Looking for an elegant way I can define range of bits I am accessing in a vector, in some common place, which I can modify it and it will be waterfalled to all files in code using it, for example:
expected_txn.raw_data[rgb_pos-:5] = data_range_bus[28:24];
expected_txn.raw_data[rgb_pos+6-:6] = data_range_bus[17:12];
Will be happy if it could look like next:
… FIRST_RANGE 28:24
… SECOND_RANGE 17:12
Thanks Ben,
but it seems the “let” construct is tightly coupled with the variable “v”.
I am looking for this range declaration to be agnostic of the variable name…
Just to be a range:
28:24
In reply to dave_59:
Thank you Dave, you answered the question. My question though:
Do you really like this style? Isn’t it more confusing to have to do a lookup on the definition of the bits? An opinion…
It really depends on what the intended meanings of the ranges are.
Hi Dave,
First thanks for the suggestion with the “let” construct to be agnostic to variable name.

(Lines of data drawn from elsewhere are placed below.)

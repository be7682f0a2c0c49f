//! What keeps an image.
ghost use Rattle.std.specs.Prelude.{◌≡◌, ℕ, Bool, List, IsErrOf, IsFalse, IsTrue, OnOk};
ghost use Rattle.image_keeping.specs.Leaving.{AddsNothing, IsBeforeOrAfter, Only};

/// Why an image isn't kept.
#[derive(Clone, Copy, PartialEq, Eq)]
pub enum KeepError {
    /// There was no room for it. What was kept still is, and it may be tried again.
    Short,
    /// What was kept before may be lost, or this be kept all the same. Nothing more may be asked.
    Failed,
}

/// What keeps one image.
pub trait Keeper {
    // Whether it is known what a crash leaves.
    ghost is_known: { Bool };

    // What a crash may leave at the image's path now. What is kept is said of this, and not by a
    // keeper.
    ghost may_leave: { Self → List ℕ → Type 0 };

    // More may be asked of it.
    ghost is_usable: { Self → Bool };

    /// Keeps an image in place of the one before.
    fn keep(&mut self, image: &[u8]) -> Result<(), KeepError>
        requires { IsTrue (is_usable self.old) }
        // Then a crash leaves the image, and nothing else.
        ensures kept { OnOk result (Only image.now (may_leave self.new)) }
        ensures there { OnOk result (IsTrue is_known → may_leave self.new image.now) }
        ensures usable { OnOk result (IsTrue (is_usable self.new)) }
        // At any moment a crash leaves what it might have left before, or the image.
        ensures crash { IsBeforeOrAfter image.now (may_leave self.old) (may_leave self.new) }
        ensures short { IsErrOf result KeepError.Short → AddsNothing (may_leave self.old) (may_leave self.new) }
        ensures again { IsErrOf result KeepError.Short → IsTrue (is_usable self.new) }
        ensures failed { IsErrOf result KeepError.Failed → IsFalse (is_usable self.new) };
}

Could you please elaborate more on how packed unions, aliases or macros may address the bits ranges with agnostics to the variable?
Regards aliases in SV, read it is mainly used to connect nets/wires/ports in modules, please correct me if I am wrong?
So how can it be used in SV classes?
Knowing the full context of how you plan to use these ranges would help in getting better answers. I probably would not have mentioned the alias construct if you indicated this was for class based code in your original post, since that only works for renaming nets.
Using macros is probably the most straightforward approach and works almost anywhere
Using packed structs and unions is the elegant/structured way of doing this, but it requires that you declare the target variable using these types, or make and assignments through a temporary variable.